§ **Problem to solve**
For the string "OnceUnder", work out how many lines of the data contain it and give that number with nothing added.

§ **Data to process**

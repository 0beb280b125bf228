// Laws of the two machines, on the wire and without one: what they keep of a board, and a run that is stopped and gone on
// with. There is no code here.
#![tactic(auto)]
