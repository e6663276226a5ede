//! The law of a trial of the program: what its second run starts.
#![tactic(auto)]

ghost use Rattle.smk_laws_trial.specs.Second.{SecondRunStartsNothing};

/// The second run of a trial starts nothing, if no two different texts of its files have the same SHA-256.
pub fn second_runs_start_nothing()
    ensures { SecondRunStartsNothing }
{}
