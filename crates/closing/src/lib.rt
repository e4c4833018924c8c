// Closing and opening under a description that was read: first the rules that need no second look (1, 4 and 5), then rounds of the others.
#![tactic(auto)]

ghost use Rattle.std.specs.Prelude.{◌≡◌, length, Ok};
ghost use Rattle.rules.specs.Calls.{opening, close};
ghost use Rattle.answers.specs.Answers.{told, outcome};
ghost use Rattle.sheet.specs.Found.{description_found};
ghost use Rattle.closing.specs.Closes.{Admitted, Measured, OnceUnder, ClosesUnder, ClosedInto, Steady, Under, Told, Listing, closes_listed};

use answers::Answer;
use answers::limits::{HEADER_WORDS, MOST_CELLS};
use answers::refusals::{Fault, Refused};
use bits::NumberSet;
use by_board::{Index, KindLines};
use headers::Header;
use moves::Emptied;
use relations::RelationSet;
use tables::{read_cells, room, write_cells};

// Follows rules 1, 4 and 5, which need no second look, and says how many relations they struck.
fn strike_once(h: Header, words: &[u16], cells: &mut [RelationSet]) -> u32
    requires { Admitted h words.now cells.old }
    ensures { OnceUnder words.now cells.old cells.new result }
{
    let v = h.boards;
    let kinds_at = h.kinds.at;
    let by_boards = once::rules1(v, cells);
    let by_lines = once::rules4(v, h.lines.count, &words[HEADER_WORDS..kinds_at], cells);
    let by_kinds = ways::rules5(v, h.kinds.count, &words[kinds_at..], cells);
    by_boards + by_lines + by_kinds
}

// Closes cells in which rules 1, 4 and 5 strike nothing. After an `Err` the cells are of no use.
fn close_again(h: Header, words: &[u16], cells: &mut [RelationSet]) -> Result<u32, Emptied>
    requires { Admitted h words.now cells.old × Steady words.now cells.old }
    ensures { ClosesUnder words.now cells.old cells.new result }
{
    let kinds_at = h.kinds.at;
    rounds::rounds(h.boards, h.kinds.count, &words[kinds_at..], cells)
}

// Tells the kind lines of a description by board, once for all closings by a list.
pub fn tell_kinds(h: Header, words: &[u16]) -> Index
    requires { Ok h ≡ description_found words.now }
    ensures { Told h words.now result }
{
    let kinds_at = h.kinds.at;
    Index::new(h.kinds.count, &words[kinds_at..])
}

// Closes cells that lie inside a closed table by the list of what was narrowed in it. If no cell is empty, nothing is on the list then; else cells and list
// are of no use.
pub fn close_listed(
    h: Header,
    words: &[u16],
    found: &Index,
    cells: &mut [RelationSet],
    marks: &mut [NumberSet],
) -> Result<(), Emptied>
    requires { Told h words.now found.now × Under words.now (λ s. Listing s marks.old cells.old) }
    ensures { Under words.now (λ s. closes_listed s cells.old cells.new marks.new result) }
{
    let kinds_at = h.kinds.at;
    let lines = KindLines {
        boards: h.boards,
        count: h.kinds.count,
        words: &words[kinds_at..],
        index: found,
    };
    rounds::drain(&lines, cells, marks)
}

// Closes cells under the description that the words mean; h is its header. After an `Err` the cells are of no use.
pub fn close_cells(h: Header, words: &[u16], cells: &mut [RelationSet]) -> Result<u32, Emptied>
    requires { Admitted h words.now cells.old }
    ensures { ClosesUnder words.now cells.old cells.new result }
{
    let first = strike_once(h, words, cells);
    let more = close_again(h, words, cells)?;
    Ok(first + more)
}

// Closes working cells, and then copies them to the table; or refuses with 7 where their largest closed table has an empty cell, and leaves the table as it
// came.
fn close_into(h: Header, words: &[u16], cells: &mut [RelationSet], table: &mut [u8]) -> Answer
    requires { Admitted h words.now cells.old × (length table.old ≡ length cells.old) }
    ensures { ClosedInto words.now cells.old table.old table.new (told result) }
{
    let Ok(struck) = close_cells(h, words, cells) else {
        return Err(Refused {
            fault: Fault::Contradictory,
            count: 0,
        });
    };
    write_cells(cells, table);
    Ok(struck)
}

// Closes the table by a working copy of it, so that a refusal leaves the table as it came.
fn close_by_copy(h: Header, words: &[u16], table: &mut [u8], cells: &mut [RelationSet]) -> Answer
    requires { Admitted h words.now table.old × (length cells.old ≡ length table.old) }
    ensures { outcome (told result) table.new ≡ close words.now table.old }
{
    read_cells(table, cells);
    close_into(h, words, cells, table)
}

// Replaces a table that was admitted by the largest closed table inside it, and answers how many relations that struck. Refuses with 7 where the
// largest closed table has an empty cell, and then leaves the table as it came.
pub fn close_table(h: Header, words: &[u16], table: &mut [u8]) -> Answer
    requires { Admitted h words.now table.old }
    ensures { outcome (told result) table.new ≡ close words.now table.old }
{
    let n = table.len();
    let mut cells = room::<MOST_CELLS>(RelationSet::EMPTY);
    close_by_copy(h, words, table, &mut cells[..n])
}

// Replaces a table, whatever it holds, by the largest closed table inside the full one, and answers how many relations that struck from the full one. Refuses
// with 7 where the largest closed table has an empty cell, and then leaves the table as it came.
pub fn open_table(h: Header, words: &[u16], table: &mut [u8]) -> Answer
    requires { Measured h words.now table.old }
    ensures { outcome (told result) table.new ≡ opening words.now table.old }
{
    let n = table.len();
    let mut full = room::<MOST_CELLS>(RelationSet::FULL);
    close_into(h, words, &mut full[..n], table)
}
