//! Tests of the chain figures, and a figure that another crate brings: how many chains there are.
#![tactic(auto)]

pub mod count;
#[cfg(test)]
mod tests;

§ **Result of the task**
2